Однажды на просторах интернета я подшутил над корреспондентом, который в заметке на новостном сайте написал, что преступник «догнал жертву, надругался и изнасиловал».
Я посетовал на отсутствие дополнения, что преступник потерпевшую заодно обесчестил и вступил с нею в половую связь против ее воли в обычной и извращенной форме. Еще добавил, что мой искушенный всяческими извращениями мозг так и рисует картину, где над поверженной жертвой стоит злодей и прежде, чем приступить непосредственно к совершению полового акта (изнасилование), произносит страстную речь, состоящую из нецензурно-бранных ругательств (надругательство). Попросил журналистов «следить за базаром», то есть правильно употреблять терминологию.
Меня упрекнули, что я не знаю, что такое «надругался».
К сожалению, знаю и не из новостных публикаций.
В свое время все преступления несовершеннолетних, включая изнасилования, расследовались милицейскими следователями, в том числе мною.
Преступления эти относятся к тяжким, но при всем при том приходилось сталкиваться с интересными юморными моментами, которые со взрослыми не бывают.
Приводят мне мальчонку 14 лет за покушение на изнасилование несовершеннолетней.
Боря, худенький, рыженький, веснушчатый, - никак не тянет внешне на злодея. Ведет себя скромно, явно стесняется, но о содеянном рассказывает. Допросы я старался проводить в обстановке, располагающей к откровенности.
Рассказывает на доступном ему языке, то есть называя все вещи своими именами на великом и могучем (слов «надругался» и «изнасиловал», а уж тем более «член», «вульва» и им подобных там не было).
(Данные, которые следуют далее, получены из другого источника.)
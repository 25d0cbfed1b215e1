//! Laws of events as lines, and of pictures.
ghost use Rattle.trace_lines.specs.Laws.{HasOneReading, HaveOneReading, CanTakeEffect, FitPage};

/// A line is that of at most one event.
pub fn line_has_one_reading()
    ensures { HasOneReading }
{}

/// Lines are those of at most one list of events.
pub fn lines_have_one_reading()
    ensures { HaveOneReading }
{}

/// The moments in a picture are those of operations one after another, each while it is open.
pub fn moments_can_be()
    ensures { CanTakeEffect }
{}

/// The lines of a picture have at most 80 columns.
pub fn pictures_fit_a_page()
    ensures { FitPage }
{}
Если бы присутствовали адвокат, педагог и родители, как потом стали требовать, он бы от стыда за свою речь вообще молчал.
Записывать показания допрашиваемого положено максимально дословно, но как такое записывать?
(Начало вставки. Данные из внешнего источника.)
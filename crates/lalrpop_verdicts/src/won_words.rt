//! The words that one automaton accepts, by the trees that win them in another one.
ghost use Rattle.std.specs.Prelude.{◌≡◌, ℕ, Some, length, slice_get, IfOk};
ghost use Rattle.std.specs.Ordering.{nat_cmp};
ghost use Rattle.std.specs.BTreeMap.{get};
ghost use Rattle.lalrpop_verdicts.specs.Internal.WonWords.{AreWonWords, IsFirst, StaysDead, winner, winner_at};

use crate::answer::accepted;
use crate::pairs::{Follow, Pair, pairs, word_to};
use crate::won_word::WonWord;
use lalrpop_dfa::{Dfa, NfaIndex};
use std::alloc::{AllocError, Global};
use std::collections::BTreeMap;

// The tree that the right automaton accepts at a pair, if the left one accepts there too.
fn winner_of(left: &Dfa, right: &Dfa, pair: &Pair) -> Option<NfaIndex>
    ensures winner { result ≡ winner left.now right.now (Some pair.now) }
{
    accepted(left, pair.left)?;
    accepted(right, pair.right)
}

// The number of the first pair that each tree wins.
fn first_pairs(
    alloc: Global,
    left: &Dfa,
    right: &Dfa,
    pairs: &[Pair],
) -> Result<BTreeMap<usize, usize>, AllocError>
    ensures firsts { IfOk result (λ firsts. (q : ℕ) → IsFirst
        (winner_at left.now right.now pairs.now) (length pairs.now) q (get nat_cmp firsts q)) }
{
    let mut firsts = BTreeMap::new(alloc);
    for (number, pair) in pairs.iter().enumerate() {
        if let Some(tree) = winner_of(left, right, pair) {
            let by = tree.index();
            if !firsts.contains_key(&by) {
                firsts.insert(by, number)?;
            }
        }
    }
    Ok(firsts)
}

/// For each tree that the right automaton accepts by a nonempty piece of text which the left one accepts too: the tree, and the
/// least such word. Trees come in ascending order.
pub(crate) fn won_words(alloc: Global, left: &Dfa, right: &Dfa) -> Result<Vec<WonWord>, AllocError>
    ensures words { IfOk result (λ found. StaysDead left.now
        → AreWonWords left.now right.now found.items) }
{
    let pairs = pairs(alloc, left, right, Follow::LeftAlive)?;
    let firsts = first_pairs(alloc, left, right, &pairs)?;
    let mut found = Vec::new(alloc);
    for (tree, number) in &firsts {
        let word = word_to(alloc, &pairs, *number)?;
        let by = NfaIndex::new(*tree);
        found.push(WonWord { by, word })?;
    }
    Ok(found)
}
Я нашел приемлемый вариант (применял его неоднократно): разъяснил Боре все употребленные им слова научными терминами. В протоколе же сделал запись, что подозреваемому в процессе допроса разъяснено значение специальных терминов. Вот под такими приличными показаниями мне было не стыдно дать Боре подписаться. Да и ему наверное приятно было.
Еще раз столкнулся с безграмотностью малолеток-потерпевших, занимаясь делом о групповом изнасиловании, возбужденном и первоначально расследованном другим следователем-женщиной.
Фабула проста: пять малолеток-пацанов лет по 15 днем завели в подвал жилого дома «покурить» слабо знакомых девчонок-одногодков, где каждый совершил с одной из них «половое сношение с применением насилия и угроз», лишив всех девственности (для особо продвинутых читателей добавлю, что это называется дефлорацией). Потерпевшие, как на подбор,крупные фигуристые девахи со всеми полагающимися девайсами.
Так вот, эти крупногабаритные нимфеточки с третьим размером бюстов на допросах требовали у меня, чтобы я объяснял им на пальцах (в буквальном смысле), что же с ними произошло. Объяснял, куда деваться.
У следователя-женщины они об этих моментах не спрашивали, стеснялись.
А еще один из их насильников, самый заводила, интересовался моим мнением относительно внешности потерпевших, желая от меня услышать подтверждение, что его жертва – самая симпатичная.